The differing methods of expansion actually helped determine the area each religion would cover as it spread. Christians during the first two centuries traveled from city to city in the Roman Empire, taking advantage of the excellent Roman roads. As a result, the first two centuries saw the Gospel spread primarily in Roman territory,9 although it was also carried to some other areas, including Ethiopia and perhaps even India.10 By the year 200 A.D., Christian communities existed throughout the Middle East and Turkey, and there were several in Greece and Italy as well. Islam, however, spread from Saudi Arabia and conquered most of the Middle East and North Africa. Muslims even extended themselves into the Iberian Peninsula and pressed north, nearly reaching Paris before Charles Martel checked their advance by defeating them at the Battle of Tours in 732.11 Because Islam advanced by force, it met with hostility and resistance in Europe, where Christianity was already strong.
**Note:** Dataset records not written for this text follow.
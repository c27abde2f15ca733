//! The classic capture of the packets of a file.
ghost use Rattle.std.specs.Prelude.{◌≡◌, ◌++◌, IsTrue, IfOk, OnOk, OnErr};
ghost use Rattle.fab_base.specs.Ending.{Uses, end_by};
ghost use Rattle.fab_base.specs.Seen.{Only};
ghost use Rattle.pcapng_file.specs.Classic.{classic_record, classic_bytes, converting_end, Converts};

use crate::fault::{ConvertError, NgError};
use crate::reading::read_ng;
use crate::{NgRecord, NgRecords};
use fab_base::{Depot, NoMemory, append_made, put_all};
use pcap_file::{Budget, write_head};
use std::alloc::{AllocError, Global};

/// Reads the file of a name as a pcapng file, and writes the classic capture of its packets to the
/// file of another. Answers how many packets there are.
pub fn convert<D: Depot>(
    alloc: Global,
    depot: &mut D,
    from: &str,
    to: &str,
    mut budget: Budget,
) -> Result<u64, ConvertError>
    requires from { IsTrue ((D.seen depot.old).knows from.now) }
    requires to { IsTrue ((D.seen depot.old).knows to.now) }
    ensures converts { Converts from.now to.now budget (D.seen depot.old)
        (D.seen depot.new) result }
    // No other file changes. No other answer, want of memory neither, hides a fault of the store.
    ensures uses { Uses (Only from.now) (Only to.now) (end_by converting_end result)
        (D.seen depot.old) (D.seen depot.new) }
{
    let slot = match depot.open_in(from) {
        Ok(slot) => slot,
        Err(failed) => return Err(ConvertError::Input(NgError::Read(failed))),
    };
    let records = match read_ng(alloc, depot, slot, &mut budget) {
        Ok(records) => records,
        Err(error) => return Err(ConvertError::Input(error)),
    };
    let Ok(bytes) = classic_capture(alloc, &records) else {
        return Err(ConvertError::Input(NgError::Memory));
    };
    let out = match depot.open_out(to) {
        Ok(out) => out,
        Err(failed) => return Err(ConvertError::Write(failed)),
    };
    match put_all(depot, out, &bytes) {
        Ok(()) => Ok(records.len() as u64),
        Err(failed) => Err(ConvertError::Write(failed)),
    }
}

/// The bytes of the classic capture of these packets: little-endian, in microseconds.
pub fn classic_capture(alloc: Global, records: &NgRecords) -> Result<Vec<u8>, NoMemory>
    ensures { IfOk result (λ v. v.items ≡ classic_bytes records.now) }
{
    let mut out = Vec::new(alloc);
    write_head(alloc, &mut out)?;
    for index in 0..records.len() {
        match records.at(index) {
            Some(packet) => add_packet(alloc, packet, &mut out)?,
            None => unreachable!(),
        }
    }
    Ok(out)
}

/// Appends the record of a packet to a classic capture, or nothing where memory is refused.
pub fn add_packet(alloc: Global, packet: &NgRecord, out: &mut Vec<u8>) -> Result<(), NoMemory>
    ensures ok { OnOk result (out.new.items ≡ out.old.items ++ classic_record packet.now) }
    ensures err { OnErr result (out.new.items ≡ out.old.items) }
{
    append_made(alloc, bytes_of(alloc, packet), out)
}

fn bytes_of(alloc: Global, packet: &NgRecord) -> Result<Vec<u8>, AllocError>
    ensures { IfOk result (λ v. v.items ≡ classic_record packet.now) }
{
    let bytes = packet.caught.bytes.view();
    let seconds = packet.moment.0 / 1000;
    let micros = packet.moment.0 % 1000 * 1000;
    let stored = bytes.len() as u64;
    let mut made = Vec::new(alloc);
    made.extend_from_slice(&seconds.to_le_bytes()[..4])?;
    made.extend_from_slice(&micros.to_le_bytes()[..4])?;
    made.extend_from_slice(&stored.to_le_bytes()[..4])?;
    made.extend_from_slice(&packet.original.to_le_bytes())?;
    made.extend_from_slice(bytes)?;
    Ok(made)
}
But in other areas, such as Egypt and Syria, it was accepted readily by people who had been living under suppressive rule.12 As a result of its method of expansion, therefore, Islam could not spread far north into Europe—as Christianity had done during the Roman Empire—but remained in the territory south of Europe instead.
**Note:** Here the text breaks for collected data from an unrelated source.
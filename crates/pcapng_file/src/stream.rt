//! Reading a file packet by packet while it comes.
ghost use Rattle.std.specs.Prelude.{◌≡◌, ◌<◌, ◌+◌, ◌^◌, ◌++◌, ◌∷◌, [], IsTrue, None, OnOk, OnErr};
ghost use Rattle.pcapng_file.specs.File.{before_all, after};
ghost use Rattle.pcapng_file.specs.Stream.{StreamReads, BlockGone, stream_stand, streaming};

use crate::NgRecord;
use crate::fault::NgError;
use crate::reading::{SoFar, next_block};
use fab_base::Depot;
use pcap_file::{Ahead, Budget};
use std::alloc::Global;
use std::marker::Model;

/// A file that is read packet by packet: what was fetched and not given, the place of the next
/// block, its section, what is left of the limits, and the error that was answered or none.
#[derive(Debug, Drop)]
pub struct NgStream {
    ahead: Ahead,
    section: SoFar,
    at: u64,
    left: Budget,
    kept: Option<NgError>,
}

impl Model for NgStream {
    ghost use Rattle.std.specs.Prelude.{◌<◌, ◌+◌, ◌^◌};
    ghost use Rattle.pcapng_file.specs.File.{place};
    ghost use Rattle.pcapng_file.specs.Stream.{Streaming};

    ghost Value = { Streaming };

    ghost view = { λ s. record {
      held = s.ahead;
      here = place s.at s.section s.left;
      kept = s.kept;
    } };

    ghost invariant = { λ s. s.at + s.left.bytes < 2 ^ 64 };
}

// What a block gave.
#[derive(Debug, Drop)]
pub(crate) enum Gone {
    Packet(NgRecord),
    Other,
    End,
}

impl NgStream {
    /// A stream of which nothing was read.
    pub fn new(alloc: Global, budget: Budget) -> NgStream
        ensures { result ≡ streaming [] 0 before_all budget }
    {
        NgStream {
            ahead: Ahead::new(),
            section: SoFar::new(alloc),
            at: 0,
            left: budget,
            kept: None,
        }
    }

    /// The next packet, or none where the stream ends between two blocks of a section. Nothing is
    /// fetched behind it but what came with its bytes. After an error the stream answers that
    /// error at each call, and fetches nothing.
    pub fn next<D: Depot>(
        &mut self,
        alloc: Global,
        depot: &mut D,
        slot: u32,
    ) -> Result<Option<NgRecord>, NgError>
        requires input { IsTrue ((D.seen depot.old).input slot) }
        ensures reads { StreamReads slot (stream_stand self.old (D.seen depot.old))
            (stream_stand self.new (D.seen depot.new)) result }
    {
        if let Some(error) = self.kept {
            return Err(error);
        }
        loop {
            match self.block(alloc, depot, slot) {
                Ok(Gone::Packet(record)) => return Ok(Some(record)),
                Ok(Gone::Other) => {}
                Ok(Gone::End) => return Ok(None),
                Err(error) => {
                    self.kept = Some(error);
                    return Err(error);
                }
            }
        }
    }

    // Reads the next block.
    fn block<D: Depot>(&mut self, alloc: Global, depot: &mut D, slot: u32) -> Result<Gone, NgError>
        requires input { IsTrue ((D.seen depot.old).input slot) }
        ensures gone { BlockGone slot (stream_stand self.old (D.seen depot.old))
            (stream_stand self.new (D.seen depot.new)) result }
    {
        let NgStream {
            ahead,
            section,
            at,
            left,
            ..
        } = self;
        let block = match next_block(alloc, depot, slot, ahead, section, *left, *at)? {
            Some(block) => block,
            None => return Ok(Gone::End),
        };
        *at += block.size as u64;
        left.bytes -= block.size as u64;
        left.frames -= block.content.frames();
        match section.enter(block.content) {
            Ok(Some(record)) => Ok(Gone::Packet(record)),
            Ok(None) => Ok(Gone::Other),
            Err(_) => Err(NgError::Memory),
        }
    }
}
Clearly, the first two centuries of Christian expansion differed greatly from Islam’s first two centuries of expansion, in spite of some early similarities. Although the spread of both religions was initially sparked by persecution, they went about spreading their messages in very different ways. As a result of Christianity’s reliance on missionaries—who used the Roman roads—it spread primarily in the Roman Empire. Since Islam, on the other hand, used force to expand its territory, it could not expand far into Europe because it met military opposition. Instead it engulfed most of the Middle East and North Africa. Even today the marks of Christianity and Islam can be seen in the areas where they first spread. After its first two centuries of expansion, Christianity eventually became the official religion of the Roman Empire,13 and it profoundly influenced the development of Europe and, consequently, of the Americas. Islam still remains dominant in much of the Middle East and North Africa where it once created an empire, and this area has now become a hot spot for conflict. As prophesied in Genesis 16:11-12, "...Ishmael ... will be a wild donkey of a man, with his hand against everyone, and everyone's hand against him; and he will live at odds with all his kin." Prime examples of this are Iraqi aggression and Arab nations attacks on Israel. Ishmael's descendants have pursued a course of violence that only increased with the spread of Islam. A twisted Christianity reacted to Ishmael's aggression during the Crusades but true Christianity follows Christ, the Prince of Peace. Unlike Ishmael's children who follow Mohammad's example of coercive and violent expansion. Over time, therefore, the spread of these two religions continues to drastically impact the stability of the entire world.